Newcastle alt-rock trio The Pale White return to announce their second album ‘The Big Sad’, due for release on 18th April 2025 via End of the Wall Recordings, pre-order / save here. The announcement also comes alongside a brand new single ‘Lost In The Moment’, available to stream here.
Back in 2025 with their debut release from the imminent new album ‘The Big Sad’, new single ‘Lost In The Moment’ sails in with anticipation which erupts into an exciting cacophony of high impact guitar riffs. Moving through waves of intricate textures established with a driving bassline, tubular bells and often hypnotic vocals, the track captures the captivating feeling of those nostalgic moments where time stands still.
Speaking on new single ‘Lost in The Moment’, frontman Adam Hope says, “A special song to me.

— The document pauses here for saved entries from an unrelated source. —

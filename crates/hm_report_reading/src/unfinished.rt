// The lines of operations that have not ended.
ghost use Rattle.std.specs.Prelude.{IfOk};
ghost use Rattle.hm_report_reading.specs.Reports.{ReadsUnfinished};

use crate::reader::{LineReader, Unfinished};
use hm_base::NoMemory;
use hm_script::cut_line;
use std::alloc::Global;

/// Reads these lines up to the first other one, and gives that line and what follows it.
pub(crate) fn read_unfinished<'a>(
    alloc: Global,
    reader: &mut LineReader,
    bytes: &'a [u8],
) -> Result<(Vec<Unfinished>, &'a [u8]), NoMemory>
    ensures { IfOk result (λ r. ReadsUnfinished bytes.now r.0.items r.1.now) }
{
    let mut unfinished = Vec::new(alloc);
    let mut rest = bytes;
    while !rest.is_empty() {
        let (line, after) = cut_line(rest);
        let Some(told) = reader.unfinished(line) else {
            return Ok((unfinished, rest));
        };
        unfinished.push(told)?;
        rest = after;
    }
    Ok((unfinished, rest))
}
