// The top call: a script is read, and shortest races of it are written in which a driver that leaves a rule out does
// what it must not do.
#![tactic(auto)]

mod call;
mod ending;
mod laws;
mod process;
mod text;
mod told;

pub use call::without;
pub use laws::users_are_told;
pub use process::{NAME, USAGE, program};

It’s about the feeling, or lack thereof, which suddenly washes over you when you least expect it. A certain type of numbness, not necessarily tied to anything good, or bad. Perhaps it’s a captivation of something beautiful, or maybe it could be the type of melancholy in the pit of your stomach when reminiscing and romanticising the past. Whatever it may be, time freezes and you’re neither here nor there… just for a moment.”
“The Big Sad: an album born from the ashes of dark times, but representing a beacon of light for the future. An album of honesty and purity, one that our current fanbase sonically may not be expecting. The sound of a band that got tired of slamming on the fuzz pedal to tick the ‘rock’ box and dares to try something new, dares to shock, dares to be great.”
This is the northeast calling, with songs of stillness, reflection, renewal, defiance, hope, classic melodies and, at certain perfectly judged moments, furniture-shifting riffs. With a powerful album shaped by pandemic-era loss (of momentum, and of a band member), and by the wins brought by what singer/songwriter/guitarist Adam Hope describes as a “weight lifted off my shoulders”. With a fresh, front-footed, fired-up approach that owes everything to a band returning to their roots in Wallsend and Newcastle – and, for the first time, making their music entirely on their own independent terms: self-produced and self-confident.
This is the return of The Pale White with, in all its surging emotion and pitch-perfect songcraft, the 13-track triumph that is The Big Sad.